Голоса работающих людей — ругань, дружеские шутки — долетали даже сюда. С помощью сетей и канатов на берег вытаскивали обломки мачт и куски обшивки разбитых кораблей, загромождавшие улицы и переулки затопленной части А’лоа Глен.
Рутинная работа. Каждое утро прилив выносил на отмели тела погибших в последнем сражении. И так целый месяц. Словно океанские глубины решили навсегда избавиться от напоминания об ужасах былого кровопролития. Рядом с деревянными обломками плавали в заводях раздувшиеся тела людей, драконов, чудовищ со щупальцами. Смрад разложения привлекал на пир множество голодных птиц.
Мужчины и женщины, работавшие внизу, обвязывали лица платками, оставляя лишь глаза, отчего напоминали ночных грабителей. Но Тол’чаку вонь гниющих трупов не мешала. Еще до войны зловоние смерти стало для него привычным.
Повернувшись спиной к морю, огр вытащил из сумки на поясе алый сердце-камень. В тени, которую отбрасывала западная стена замка, самоцвет светился изнутри.
Но если раньше он излучал яркий свет, будто рубиновое солнце, то сейчас отсвечивал слабым, как бы болезненным, мерцанием. Держа кристалл в вытянутой руке, Тол’чак поочередно повернулся на север, запад, юг и восток — ничего… Сердце не отозвалось привычным биением. Реликвия, которая некогда вела огра, казалось, потеряла силу.
Он поднял камень к пылающему закату. Сквозь блестящие грани проступила тень, поселившаяся в глубине: зло, тьма, проклятие, наложенное на народ огров за клятвопреступление одного из вождей. Триада, старейшины племени Тол’чака, поручила молодому огру искупить вину его предка и снять проклятие, уничтожив зло. Тогда ему и вручили этот камень — сосуд для едва теплящихся душ пращуров и проводник в большом мире. Но Погибель уже завершала свое гнусное дело. Зло росло, поглощая души огров, заточенные в кристалле. Когда Тол’чак приступал к поискам, тень была маленькой, не больше червя, с трудом различимого сквозь блики тысячи граней, а теперь он набрал силу, разъелся. Подобно превращению гусеницы в мотылька, Погибель изменилась, стала похожа не некую темную сущность, затаившуюся внутри рубиново-красного камня. Кем или чем оно было? Во что могло превратиться окончательно?

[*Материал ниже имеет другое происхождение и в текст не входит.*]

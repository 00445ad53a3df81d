ghost use Rattle.std.specs.Prelude.{◌≡◌};
ghost use Rattle.osview_graph.specs.Drawing.{is_so};
ghost use Rattle.osview_graph.specs.DrawnRun.{end_word, has_run};

use collector::has_done;
use flow_core_laws::TaskEnd;

/// Which activations are counted, by how they ended.
#[derive(Clone, Copy, Debug)]
pub(crate) enum Ending {
    /// All of them, starved ones included.
    Any,
    Done,
    Trapped,
    OverBudget,
    Poisoned,
    /// Those that have no end, since an element that they read never comes.
    Starved,
}

impl Ending {
    /// Whether an activation with this end, or none, is counted.
    pub(crate) fn is(self, end: Option<TaskEnd>) -> bool
        ensures { result ≡ is_so self end }
    {
        match self {
            Ending::Any => true,
            Ending::Done => has_done(&end),
            Ending::Trapped => matches!(end, Some(TaskEnd::Trapped { .. })),
            Ending::OverBudget => matches!(end, Some(TaskEnd::OverBudget)),
            Ending::Poisoned => matches!(end, Some(TaskEnd::Poisoned { .. })),
            Ending::Starved => end.is_none(),
        }
    }
}

/// Whether an activation with this end, or none, ran its body.
pub(crate) fn has_run(end: Option<TaskEnd>) -> bool
    ensures { result ≡ has_run end }
{
    match end {
        None | Some(TaskEnd::Poisoned { .. }) => false,
        Some(TaskEnd::Done | TaskEnd::Trapped { .. } | TaskEnd::OverBudget) => true,
    }
}

/// The word for how an activation ended.
pub(crate) fn end_word(end: Option<TaskEnd>) -> &'static [u8]
    ensures { result.now ≡ end_word end }
{
    match end {
        None => b"starved",
        Some(TaskEnd::Done) => b"done",
        Some(TaskEnd::Trapped { .. }) => b"trapped",
        Some(TaskEnd::OverBudget) => b"out of turns",
        Some(TaskEnd::Poisoned { .. }) => b"poisoned",
    }
}
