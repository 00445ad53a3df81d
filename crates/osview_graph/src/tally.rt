ghost use Rattle.std.specs.Prelude.{◌≡◌, if◌then◌else◌, IfOk, None, OnOk, Some, filter};
ghost use Rattle.osview_graph.specs.Arrows.{is_alike};
ghost use Rattle.osview_graph.specs.Tally.{item_of, left, sizes_of, with_use};
ghost use Rattle.osview_graph.specs.declared.uses.Use.{Use};

use crate::uses::Use;
use os_io::Memory;
use std::alloc::Global;
use std::collections::BTreeMap;

/// What uses have in common that are alike: an item of a task, and a stream.
#[derive(Clone, Copy, PartialEq, Eq, PartialOrd, Ord)]
pub(crate) struct Item {
    task: u32,
    item: u64,
    stream: u32,
}

/// The least and the greatest sizes of some uses.
#[derive(Clone, Copy, Debug)]
pub(crate) struct Sizes {
    pub(crate) least_horizon: u32,
    pub(crate) greatest_horizon: u32,
    pub(crate) least_burst: u32,
    pub(crate) greatest_burst: u32,
}

/// The sizes of items that are left to be drawn.
#[derive(Drop)]
pub(crate) struct Tally {
    sizes: BTreeMap<Item, Sizes>,
}

impl Use {
    /// What the use has in common with those that are like it.
    fn item(self) -> Item
        ensures { result ≡ item_of self }
    {
        Item {
            task: self.task,
            item: self.item,
            stream: self.stream,
        }
    }
}

/// The sizes of some uses and of one more.
fn with_use(sizes: Option<Sizes>, one: Use) -> Sizes
    ensures { result ≡ with_use sizes one }
{
    match sizes {
        None => Sizes {
            least_horizon: one.horizon,
            greatest_horizon: one.horizon,
            least_burst: one.burst,
            greatest_burst: one.burst,
        },
        Some(sizes) => Sizes {
            least_horizon: sizes.least_horizon.min(one.horizon),
            greatest_horizon: sizes.greatest_horizon.max(one.horizon),
            least_burst: sizes.least_burst.min(one.burst),
            greatest_burst: sizes.greatest_burst.max(one.burst),
        },
    }
}

impl Tally {
    /// A tally in which no use is counted yet.
    fn new(alloc: Global) -> Tally
        ensures { (u : Use) → left result u ≡ None }
    {
        Tally {
            sizes: BTreeMap::new(alloc),
        }
    }

    /// The sizes that are still to be drawn of the uses that are like this one.
    fn left(&self, one: Use) -> Option<Sizes>
        ensures { result ≡ left self.now one }
    {
        self.sizes.get(&one.item()).copied()
    }

    /// Counts a use.
    fn add(&mut self, one: Use) -> Result<(), Memory>
        ensures { OnOk result ((u : Use) → left self.new u
            ≡ (if is_alike u one then Some (with_use (left self.old u) one) else left self.old u)) }
    {
        let more = with_use(self.left(one), one);
        self.sizes.insert(one.item(), more)?;
        Ok(())
    }

    /// The tally of a list of uses.
    pub(crate) fn of(alloc: Global, all: &[Use]) -> Result<Tally, Memory>
        ensures { IfOk result (λ tally. (u : Use) → left tally u ≡ sizes_of (filter (is_alike u) all.now)) }
    {
        let mut tally = Tally::new(alloc);
        for one in all {
            tally.add(*one)?;
        }
        Ok(tally)
    }

    /// Takes all those away that are like one, and gives their sizes.
    pub(crate) fn take(&mut self, one: Use) -> Option<Sizes>
        ensures taken { result ≡ left self.old one }
        ensures others { (u : Use) → left self.new u ≡ (if is_alike u one then None else left self.old u) }
    {
        self.sizes.remove(&one.item())
    }
}
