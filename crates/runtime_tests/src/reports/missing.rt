//! The element that a starved activation waits for.

ghost use Rattle.stream_match_layouts.specs.Layout.{IsLayout};

use super::Case;
use crate::literals::{reads, value, writes};
use collector::{Missing, first_missing};
use flow_core::{ControlEnd, Ends, TaskEnd};
use std::process::Abort;
use std::test::Fail;
use stream_match::Layout;

const DONE: Option<TaskEnd> = Some(TaskEnd::Done);

/// A missing element by its stream, position and producer.
macro_rules! missing {
    ($stream:expr, $position:expr, $producer:expr) => {
        Some(Missing {
            stream: $stream,
            position: $position,
            producer: $producer,
        })
    };
}

static CASE: Case<'static> = Case {
    streams: 3,
    input_len: 2,
    tasks: &[
        &[writes!(2, 2)],
        &[writes!(2, 3)],
        &[writes!(2, 2)],
        // Nothing is missing: a peek at the input, and what two producers gave.
        &[reads!(0, 2, 0, 0), reads!(2, 5, 0, 0)],
        // The window goes over three producers, of which the last has no end.
        &[reads!(2, 7, 0, 0)],
        // The item that comes first counts, though a later one misses an earlier position.
        &[reads!(2, 6, 6, 0), reads!(0, 3, 3, 0)],
        &[reads!(0, 1, 1, 0), reads!(2, 1, 1, 0)],
        &[reads!(2, 1, 1, 0)],
        &[writes!(1, 1)],
    ],
    ends: &[DONE, DONE, None, DONE, None, None, None, None, DONE],
    output: &[value!(0)],
    control: ControlEnd::Done,
};

/// The first missing element of some frames.
static FOUND: [(u32, Option<Missing>); 7] = [
    (0, None),
    (3, None),
    (4, missing!(2, 5, Some(2))),
    (5, missing!(2, 5, Some(2))),
    (6, missing!(0, 3, None)),
    (7, missing!(2, 7, None)),
    (8, None),
];

#[test]
fn the_first_missing_element_is_found(rt: HostRuntime) -> Result<(), Fail> {
    finds(&rt, &CASE, &FOUND)
}

/// Whether these are found in a run.
fn finds(
    rt: &(impl AllocGlobal + Abort),
    case: &Case<'_>,
    rows: &[(u32, Option<Missing>)],
) -> Result<(), Fail> {
    let layout = case.layout(rt.alloc())?;
    let ends = case.run_ends(rt.alloc())?;
    for (frame, found) in rows {
        is_missing(rt, &layout, &ends, *frame, *found);
    }
    Ok(())
}

/// Whether this is the first missing element of a frame.
fn is_missing(rt: &impl Abort, layout: &Layout, ends: &Ends, frame: u32, found: Option<Missing>)
    requires { IsLayout layout.now }
{
    assert!(rt; frame as usize + 1 < layout.starts.len());
    assert!(rt; first_missing(layout, ends, frame) == found);
}
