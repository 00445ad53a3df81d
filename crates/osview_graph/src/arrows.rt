ghost use Rattle.std.specs.Prelude.{◌≡◌, ◌++◌, OnOk};
ghost use Rattle.osview_graph.specs.Arrows.{arrows_of, reading_text, uses, writing_text};
ghost use Rattle.osview_graph.specs.Tally.{arrow_by, arrow_for};

use crate::drawn::Drawn;
use crate::labels::add_span;
use crate::tally::{Sizes, Tally};
use crate::uses::{Use, uses};
use os_io::Memory;
use osview_text::Text;
use std::alloc::Global;

/// Adds the ends of the arrow from a task to a stream.
fn add_writing(told: &mut Text, one: Use) -> Result<(), Memory>
    ensures { OnOk result (told.new ≡ told.old ++ writing_text one) }
{
    told.field(b"  task", u64::from(one.task))?;
    told.field(b" -> stream", u64::from(one.stream))?;
    told.add(b" [label=\"")
}

/// Adds the ends of the arrow from a stream to a task.
fn add_reading(told: &mut Text, one: Use) -> Result<(), Memory>
    ensures { OnOk result (told.new ≡ told.old ++ reading_text one) }
{
    told.field(b"  stream", u64::from(one.stream))?;
    told.field(b" -> task", u64::from(one.task))?;
    told.add(b" [label=\"")
}

/// Adds the arrow of one with these sizes.
fn add_arrow(told: &mut Text, one: Use, sizes: Sizes) -> Result<(), Memory>
    ensures { OnOk result (told.new ≡ told.old ++ arrow_by one sizes) }
{
    if one.write {
        add_writing(told, one)?;
        add_span(told, sizes.least_horizon, sizes.greatest_horizon)?;
        return told.add(b"\"];\n");
    }
    add_reading(told, one)?;
    add_span(told, sizes.least_horizon, sizes.greatest_horizon)?;
    told.add(b", burst ")?;
    add_span(told, sizes.least_burst, sizes.greatest_burst)?;
    told.add(b"\"];\n")
}

/// Adds the arrow of one with the sizes that are left, if there are any.
fn add_if_left(told: &mut Text, one: Use, sizes: Option<Sizes>) -> Result<(), Memory>
    ensures { OnOk result (told.new ≡ told.old ++ arrow_for one sizes) }
{
    match sizes {
        Some(sizes) => add_arrow(told, one, sizes),
        None => Ok(()),
    }
}

/// Adds the arrows of some uses.
fn add_all(alloc: Global, told: &mut Text, all: &[Use]) -> Result<(), Memory>
    ensures { OnOk result (told.new ≡ told.old ++ arrows_of all.now) }
{
    let mut tally = Tally::of(alloc, all)?;
    for one in all {
        let sizes = tally.take(*one);
        add_if_left(told, *one, sizes)?;
    }
    Ok(())
}

/// Adds the arrows between tasks and streams.
pub(crate) fn add_arrows(alloc: Global, told: &mut Text, drawn: &Drawn<'_>) -> Result<(), Memory>
    ensures { OnOk result (told.new ≡ told.old ++ arrows_of (uses drawn.now.activations.now)) }
{
    let all = uses(alloc, drawn.activations)?;
    add_all(alloc, told, &all)
}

Тол’чак опустил сердце-камень.
В сущности, ответ на эти вопросы не имел значения. Души огров-пращуров оказались сожранными черной напастью. Тол’чак оперся о темный камень парапета. Почему сердце племени привело его к ведьме? Какой намек здесь таится? Возможно, помогая ей, он получит ответную помощь? Огр не знал. И не представлял, сможет ли когда-либо узнать.
Он задумчиво теребил сумку, поглядывая на уборщиков, копошившихся внизу. В небе кружились чайки, криками призывая сородичей к обильной трапезе. В море акулы подрались из-за унесенного течением трупа.